We now come to Physics and Music by Gleb Anfilov. This is a book that I had seen as an advertisement in back of many books, but failed to get a look at the book itself. But finally got the book. Since there was no original cover left (only cloth bound), I designed this cover which you see below. The image is from inside the book (page 110) and is the Berliner’s Gramophone from 1894.
The book takes us through the history of music, and the science behind it. Anfilov tells about development of various musical instruments, and also what possible future developments might take place. For example he says (p. 265):
So, sooner or later musical instruments will come which are controllable, probably, even by the subconscious desire of the artist. Man will inject his will and thoughts into the responsive machine which will “be an extension of his fingers and nerves.” Isn’t that fantastic? Instead of being a slave of the machine, man is becoming its almighty master.

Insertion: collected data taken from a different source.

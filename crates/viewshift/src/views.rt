//! The views of a history.

ghost use Rattle.std.specs.Prelude.{◌≡◌, ℕ, ◌+◌, ◌<◌, ◌≤◌, ◌++◌, length, IfOk, OnOk};
ghost use Rattle.talk.specs.Sync.{has};
ghost use Rattle.choices61.specs.Views.{shares_at};
ghost use Rattle.playback.specs.Recorded.{play_of};
ghost use Rattle.playback.specs.Shares.{IsPlayed};
ghost use Rattle.viewshift.specs.Listed.{course_of, mask_at, phase_at};
ghost use Rattle.viewshift.specs.Walk.{IsAt};
ghost use Rattle.viewshift.specs.Through.{coeffs_in};
ghost use Rattle.viewshift.specs.Seen.{AreSeen, HasViews, shares_seen};

use crate::history::History;
use crate::phases::{play_at, shares_left};
use crate::polynomials::{polynomials_of, values_at};
use field61::{Fe, FeList};
use lists::{List, OutOfMemory, TryCopy};
use playback::Played;
use poly61::PolyList;
use std::alloc::Global;
use talk::{PostList, RingList, in_mask};

/// What is seen of a history.
#[derive(Drop)]
pub struct Views {
    /// The posts as they are read, by phase, round and seat.
    pub posts: PostList,
    /// The ring messages, as they are read, that the seats get which are down, by phase, round, receiver and sender.
    pub rings: RingList,
    /// The shares of exposed members, by period, index and lane. A member that lacks its own has the value of the period's
    /// polynomial.
    pub shares: FeList,
}

/// The views of a history. Each phase is played once. The error is want of memory.
pub fn views_of(alloc: Global, history: &History) -> Result<Views, OutOfMemory>
    ensures { IfOk result (HasViews (course_of history.now.phases history.now.exposed)) }
{
    let phases = history.phases();
    let mut views = Views {
        posts: PostList::new(alloc),
        rings: RingList::new(alloc),
        shares: FeList::new(alloc),
    };
    let mut shares = Vec::new(alloc);
    for place in 0..phases.len() {
        let played = play_at(alloc, phases, place)?;
        shares = shares_left(alloc, phases, place, &played, shares.as_slice())?;
        see_phase(
            alloc,
            &mut views,
            history,
            place,
            &played,
            shares.as_slice(),
        )?;
    }
    Ok(views)
}

// Puts what is seen of the phase at a place at the end of the views, where it leaves these shares.
fn see_phase(
    alloc: Global,
    views: &mut Views,
    history: &History,
    place: usize,
    played: &Played,
    shares: &[Option<[Fe; 5]>],
) -> Result<(), OutOfMemory>
    requires place { place < length history.now.phases }
    requires played { IsPlayed (play_of (phase_at history.now.phases place)) played.now }
    requires left { IsAt history.now.phases (place + 1) shares.now }
    requires before { AreSeen history.now.phases history.now.exposed place views.old }
    ensures { OnOk result (AreSeen history.now.phases history.now.exposed (place + 1) views.new) }
{
    push_all(alloc, &mut views.posts, &played.posts)?;
    push_all(alloc, &mut views.rings, &played.rings)?;
    let members = history.phases().at(place).setting.receivers();
    let mask = history.mask_after(place);
    let polynomials = polynomials_of(alloc, shares)?;
    push_exposed(&mut views.shares, members, mask, &polynomials)
}

// Puts items at the end of a list.
fn push_all<T: TryCopy + Drop>(
    alloc: Global,
    list: &mut List<T>,
    items: &List<T>,
) -> Result<(), OutOfMemory>
    ensures { OnOk result (list.new ≡ list.old ++ items.now) }
{
    for item in items.as_slice() {
        list.push(item.copy(alloc)?)?;
    }
    Ok(())
}

// Puts the values of the polynomials at the points of the exposed members at the end of a list, by member and lane.
fn push_exposed(
    list: &mut FeList,
    members: u32,
    mask: u32,
    polynomials: &PolyList,
) -> Result<(), OutOfMemory>
    requires members { members ≤ 15 }
    requires lanes { length polynomials.now ≡ 5 }
    ensures { OnOk result (list.new ≡ list.old ++ shares_seen members mask (coeffs_in polynomials.now)) }
{
    for member in 1..members + 1 {
        push_if_exposed(list, member, mask, polynomials)?;
    }
    Ok(())
}

// Puts the values at a member's point at the end of a list, lane by lane, where it is exposed.
fn push_if_exposed(
    list: &mut FeList,
    member: u32,
    mask: u32,
    polynomials: &PolyList,
) -> Result<(), OutOfMemory>
    requires member { (1 ≤ member) × (member ≤ 15) }
    requires lanes { length polynomials.now ≡ 5 }
    ensures { OnOk result (list.new ≡ list.old ++ shares_at (coeffs_in polynomials.now) (has mask) member) }
{
    if !in_mask(mask, member) {
        return Ok(());
    }
    let values = values_at(polynomials, Fe::reduce(u64::from(member)));
    for value in &values {
        list.push(*value)?;
    }
    Ok(())
}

Looking further ahead, we can see with our mind’s eye machines which reproduce musical thoughts, that internal music which every person hears when his or her “very soul is singing”. We can imagine thought-controlled computers composing all sorts of music.
Though many of the contents may seem ‘dated’ to some people, the book remains a very good read for a refreshing view on the subject of music.

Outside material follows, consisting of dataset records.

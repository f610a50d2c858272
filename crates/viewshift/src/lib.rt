//! Histories of a key: which recorded phases, with a mask for each period, are one; its key, what is seen of it, and other
//! choices with any wished key of which the same is seen.
#![tactic(auto)]

mod choices;
mod fitting;
mod history;
mod key;
pub mod laws;
mod masks;
mod phases;
mod polynomials;
mod views;

pub use choices::other_choices;
pub use history::{History, HistoryFault};
pub use key::key_of;
pub use phases::{play_at, shares_left};
pub use playback::{Phase, PhaseKind, PhaseList, SaidItem, SaidList};
pub use views::{Views, views_of};
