//! Laws on histories that are kept as lists. Each function's contract is a law, and its body is empty.

ghost use Rattle.viewshift.specs.Fits.{ListsAreHistory};
ghost use Rattle.viewshift.specs.Others.{OthersAreCourse, OthersAreHistory, PhasesComeAgain};

/// What is kept as a history is one in the sense of the definitions.
pub fn lists_are_histories()
    ensures { ListsAreHistory }
{}

/// The other phases of a history are its other choices in the sense of the definitions, and a history again.
pub fn other_phases_are_other_choices()
    ensures course { OthersAreCourse }
    ensures history { OthersAreHistory }
{}

/// With the difference back, the other phases of the other phases are the first ones, list by list.
pub fn the_first_phases_come_again()
    ensures { PhasesComeAgain }
{}
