//! The key of a history.

ghost use Rattle.std.specs.Prelude.{IfOk};
ghost use Rattle.viewshift.specs.Listed.{course_of};
ghost use Rattle.viewshift.specs.Key.{HasKey};

use crate::history::History;
use crate::phases::{play_at, shares_left};
use crate::polynomials::{polynomials_of, values_at};
use field61::Fe;
use lists::OutOfMemory;
use std::alloc::Global;

/// The key of a history, lane by lane: in each period the sound members' shares lie on one polynomial, and all of these have
/// the key as value at 0. Only the first phase is played. The error is want of memory.
pub fn key_of(alloc: Global, history: &History) -> Result<[Fe; 5], OutOfMemory>
    ensures { IfOk result (HasKey (course_of history.now.phases history.now.exposed)) }
{
    let phases = history.phases();
    let played = play_at(alloc, phases, 0)?;
    let before = Vec::new(alloc);
    let shares = shares_left(alloc, phases, 0, &played, before.as_slice())?;
    let polynomials = polynomials_of(alloc, shares.as_slice())?;
    Ok(values_at(&polynomials, Fe::ZERO))
}
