//! Other choices of a history.

ghost use Rattle.std.specs.Prelude.{◌≡◌, ◌-◌, ◌<◌, length, get_or, IfOk};
ghost use Rattle.algebra61.specs.Field.{zeroₚ};
ghost use Rattle.viewshift.specs.Fits.{AreHistory};
ghost use Rattle.viewshift.specs.Key.{HasKey};
ghost use Rattle.viewshift.specs.Others.{FirstComesAgain, IsApart, IsTranslation, SameButGrids, SameViews, meant, other_at, other_phases};

use crate::history::History;
use crate::key::key_of;
use crate::masks::mask_at;
use field61::Fe;
use lists::OutOfMemory;
use phaseshift::other_phase;
use playback::{Phase, PhaseList};
use std::alloc::Global;

/// Other choices of a history: a history that differs from it in the grids of honest dealers alone, with the wished key, and
/// of which the same is seen. What is added to the grids depends on who is down and who is exposed, and on the difference of
/// the keys alone; so to ask the answer for the first key gives the first history again. The error is want of memory.
pub fn other_choices(
    alloc: Global,
    history: &History,
    wished: [Fe; 5],
) -> Result<History, OutOfMemory>
    ensures grids { IfOk result (SameButGrids history.now) }
    ensures translated { IfOk result (IsTranslation history.now wished) }
    ensures key { IfOk result (λ other. HasKey (meant other) wished) }
    ensures views { IfOk result (SameViews history.now) }
    ensures again { IfOk result (FirstComesAgain history.now) }
{
    let key = key_of(alloc, history)?;
    let difference = apart(&wished, &key);
    let phases = other_phases(alloc, history.phases(), history.masks(), &difference)?;
    let mut exposed = Vec::new(alloc);
    exposed.extend_from_slice(history.masks())?;
    Ok(History::known(phases, exposed))
}

// By how much a key has to change, lane by lane, to be the wished one.
fn apart(wished: &[Fe; 5], key: &[Fe; 5]) -> [Fe; 5]
    ensures { IsApart wished.now key.now (λ lane. get_or result lane zeroₚ) }
{
    [
        wished[0].sub(key[0]),
        wished[1].sub(key[1]),
        wished[2].sub(key[2]),
        wished[3].sub(key[3]),
        wished[4].sub(key[4]),
    ]
}

// The other phases, where the key is to change by so much.
fn other_phases(
    alloc: Global,
    phases: &PhaseList,
    exposed: &[u32],
    difference: &[Fe; 5],
) -> Result<PhaseList, OutOfMemory>
    requires { AreHistory phases.now exposed.now }
    ensures { IfOk result (λ list. list ≡ other_phases phases.now exposed.now (λ lane. get_or difference.now lane zeroₚ)) }
{
    let mut list = PhaseList::new(alloc);
    for place in 0..phases.len() {
        list.push(other_at(alloc, phases, exposed, place, difference)?)?;
    }
    Ok(list)
}

// The other phase at a place.
fn other_at(
    alloc: Global,
    phases: &PhaseList,
    exposed: &[u32],
    place: usize,
    difference: &[Fe; 5],
) -> Result<Phase, OutOfMemory>
    requires history { AreHistory phases.now exposed.now }
    requires place { place < length phases.now }
    ensures { IfOk result (λ phase. phase ≡ other_at phases.now exposed.now (λ lane. get_or difference.now lane zeroₚ) place) }
{
    let before = mask_at(exposed, place.saturating_sub(1));
    let after = mask_at(exposed, place);
    other_phase(alloc, phases.at(place), before, after, difference)
}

From the primitive reed pipe to modern music “written” by computers is quite a journey. Here, in informal text and about a score of plates, is a story that takes the teenage layman on this interesting trip.
The younger reader, like a good musicologist, follows the steps in the evolution of the most important instruments that make up today’s symphony orchestra, and the development of music itself (scales, modes, keys, and temperaments).
Physics and music is also a source, although, of necessity a modest one, of information about the music research that has been underway in the Soviet Union, especially in the scientific manufacture of the violin, and in electrophonic and synthetic music. This why the foreign reader might think of a degree of “bias” on the part of the author. Yet, it gives him an insight into what is going on in a country that has given the world quite a number of great composers.